* WORK ITEM
Would you please return the lines of the entries below starting at the line that has "lay_term(buffer, variables, term);" and ending at the line that has "pub enum BlockError", both included, exactly as they are?

[Items from a dataset]
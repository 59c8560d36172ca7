//! Terms, as text.
ghost use Rattle.std.specs.Prelude.{◌≡◌, ℕ, ◌+◌, ◌≤◌, ◌++◌, length, map, take};
ghost use Rattle.ps_model.specs.BlockText.{power_text, term_text};
ghost use Rattle.parts.specs.Terms.{entry_of};
ghost use Rattle.printer.specs.Lines.{sign, listed, texts_of};
ghost use Rattle.printer.specs.Buffered.{Buffered};

use crate::buffer::TextBuffer;
use crate::putting::make_room;
use parts::Term;
use ports::{Sink, WriteFault};
use ps_model::NameView;

/// The names of the variables: the first `count` of `names`.
#[derive(Drop)]
pub(crate) struct Variables<'n, N: NameView> {
    pub names: &'n N,
    pub count: u32,
    pub ghost named: { count ≤ length (N.names names.now) },
    pub ghost few: { count ≤ 8 },
}

/// Terms, joined by plus signs; the first one has such a sign before it where `some` were written.
pub(crate) fn write_terms<N: NameView, K: Sink>(
    sink: &mut K,
    buffer: &mut TextBuffer,
    variables: &Variables<'_, N>,
    terms: &[Term],
    some: bool,
) -> Result<(), WriteFault>
    ensures { Buffered result (K.written sink.old) (K.written sink.new) buffer.old
        buffer.new (K.faults sink.old) (K.faults sink.new) (listed some (texts_of (take
        variables.now.count (N.names variables.now.names.now)) (map entry_of terms.now))) }
{
    let mut behind = some;
    for term in terms {
        write_term(sink, buffer, variables, term, behind)?;
        behind = true;
    }
    Ok(())
}

/// A term, with a plus sign before it where it stands behind another.
fn write_term<N: NameView, K: Sink>(
    sink: &mut K,
    buffer: &mut TextBuffer,
    variables: &Variables<'_, N>,
    term: &Term,
    behind: bool,
) -> Result<(), WriteFault>
    ensures { Buffered result (K.written sink.old) (K.written sink.new) buffer.old
        buffer.new (K.faults sink.old) (K.faults sink.new) (sign behind ++ term_text (take
        variables.now.count (N.names variables.now.names.now)) (entry_of term.now)) }
{
    make_room(sink, buffer)?;
    lay_sign(buffer, behind);
    lay_term(buffer, variables, term);
    Ok(())
}

/// A plus sign, where the next term stands behind another.
fn lay_sign(buffer: &mut TextBuffer, behind: bool)
    requires { length buffer.old ≤ 624 }
    ensures text { buffer.new ≡ buffer.old ++ sign behind }
    ensures short { length buffer.new ≤ 627 }
{
    if behind {
        buffer.append(b" + ");
    }
}

/// A coefficient and the powers of its monomial: 20 bytes at most, and 38 for each power.
fn lay_term<N: NameView>(buffer: &mut TextBuffer, variables: &Variables<'_, N>, term: &Term)
    requires { length buffer.old ≤ 700 }
    ensures { buffer.new ≡ buffer.old ++ term_text (take variables.now.count
        (N.names variables.now.names.now)) (entry_of term.now) }
{
    buffer.append_number(term.coefficient);
    for i in 0..variables.count {
        lay_power(buffer, variables.names.name(i), term.monomial.power(i));
    }
}

/// A name. Most have one letter.
fn lay_name(buffer: &mut TextBuffer, name: &[u8])
    requires { length buffer.old + length name.now ≤ 1024 }
    ensures { buffer.new ≡ buffer.old ++ name.now }
{
    if let [letter] = name {
        buffer.push(*letter);
    } else {
        buffer.append(name);
    }
}

/// A power of a variable; nothing for the power 0.
fn lay_power(buffer: &mut TextBuffer, name: &str, power: u32)
    requires room { length buffer.old + 38 ≤ 1024 }
    requires short { length name.now ≤ 16 }
    ensures text { buffer.new ≡ buffer.old ++ power_text name.now power }
    ensures short { length buffer.new ≤ length buffer.old + 38 }
{
    if power == 0 {
        return;
    }
    buffer.push(b'*');
    lay_name(buffer, name.as_bytes());
    if power == 1 {
        return;
    }
    buffer.push(b'^');
    buffer.append_number(u64::from(power));
}
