//! Why a text isn't read as a block.
use ps_model::OutOfMemory;
use std::error::Error;
use std::fmt;

/// Why a text isn't read as a block.
#[derive(Clone, Copy, Debug, PartialEq, Eq)]
pub enum BlockError {
    /// The first to be told, whatever follows: line 1, with or without its newline, is `precision`
    /// and a number without leading zeros that isn't permitted in the ring. It carries the number,
    /// and 4096 for each above 4095.
    NotPermitted { precision: u32 },
    /// Else, where the text is no block's: its first line that has no lawful form at its place,
    /// counted from 1. So is a line that lacks its newline, one behind the block's last, and, where
    /// the text ends early, the one that would follow.
    NotABlock { line: u32 },
    /// Memory could not be had. It may come at any time.
    OutOfMemory,
}

impl fmt::Display for BlockError {
    ghost use Rattle.std.specs.Prelude.{Some};
    ghost use Rattle.printer.specs.ReadErrors.{error_text};

    ghost output = { λ e. Some (error_text e) };

    fn fmt<W: fmt::Write>(&self, f: &mut fmt::Formatter<W>) -> fmt::Result {
        match self {
            BlockError::NotPermitted { precision } => write!(
                f,
                "precision {precision} not permitted"
            ),
            BlockError::NotABlock { line } => write!(f, "line {line}: not that of a block"),
            BlockError::OutOfMemory => write!(f, "out of memory"),
        }
    }
}

impl Error for BlockError {}

impl From<OutOfMemory> for BlockError {
    ghost use Rattle.std.specs.Prelude.{◌≡◌};
    ghost use Rattle.printer.specs.declared.block_error.BlockError.TheVariants.{OutOfMemory as NoMemory};

    ghost from_gives = { λ _ e. e ≡ NoMemory };

    fn from(_: OutOfMemory) -> BlockError {
        BlockError::OutOfMemory
    }
}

* SOLUTION TO THIS PROBLEM
    lay_term(buffer, variables, term);
    Ok(())
}

/// A plus sign, where the next term stands behind another.
fn lay_sign(buffer: &mut TextBuffer, behind: bool)
    requires { length buffer.old ≤ 624 }
    ensures text { buffer.new ≡ buffer.old ++ sign behind }
    ensures short { length buffer.new ≤ 627 }
{
    if behind {
        buffer.append(b" + ");
    }
}

/// A coefficient and the powers of its monomial: 20 bytes at most, and 38 for each power.
fn lay_term<N: NameView>(buffer: &mut TextBuffer, variables: &Variables<'_, N>, term: &Term)
    requires { length buffer.old ≤ 700 }
    ensures { buffer.new ≡ buffer.old ++ term_text (take variables.now.count
        (N.names variables.now.names.now)) (entry_of term.now) }
{
    buffer.append_number(term.coefficient);
    for i in 0..variables.count {
        lay_power(buffer, variables.names.name(i), term.monomial.power(i));
    }
}

/// A name. Most have one letter.
fn lay_name(buffer: &mut TextBuffer, name: &[u8])
    requires { length buffer.old + length name.now ≤ 1024 }
    ensures { buffer.new ≡ buffer.old ++ name.now }
{
    if let [letter] = name {
        buffer.push(*letter);
    } else {
        buffer.append(name);
    }
}

/// A power of a variable; nothing for the power 0.
fn lay_power(buffer: &mut TextBuffer, name: &str, power: u32)
    requires room { length buffer.old + 38 ≤ 1024 }
    requires short { length name.now ≤ 16 }
    ensures text { buffer.new ≡ buffer.old ++ power_text name.now power }
    ensures short { length buffer.new ≤ length buffer.old + 38 }
{
    if power == 0 {
        return;
    }
    buffer.push(b'*');
    lay_name(buffer, name.as_bytes());
    if power == 1 {
        return;
    }
    buffer.push(b'^');
    buffer.append_number(u64::from(power));
}
//! Why a text isn't read as a block.
use ps_model::OutOfMemory;
use std::error::Error;
use std::fmt;

/// Why a text isn't read as a block.
#[derive(Clone, Copy, Debug, PartialEq, Eq)]
pub enum BlockError {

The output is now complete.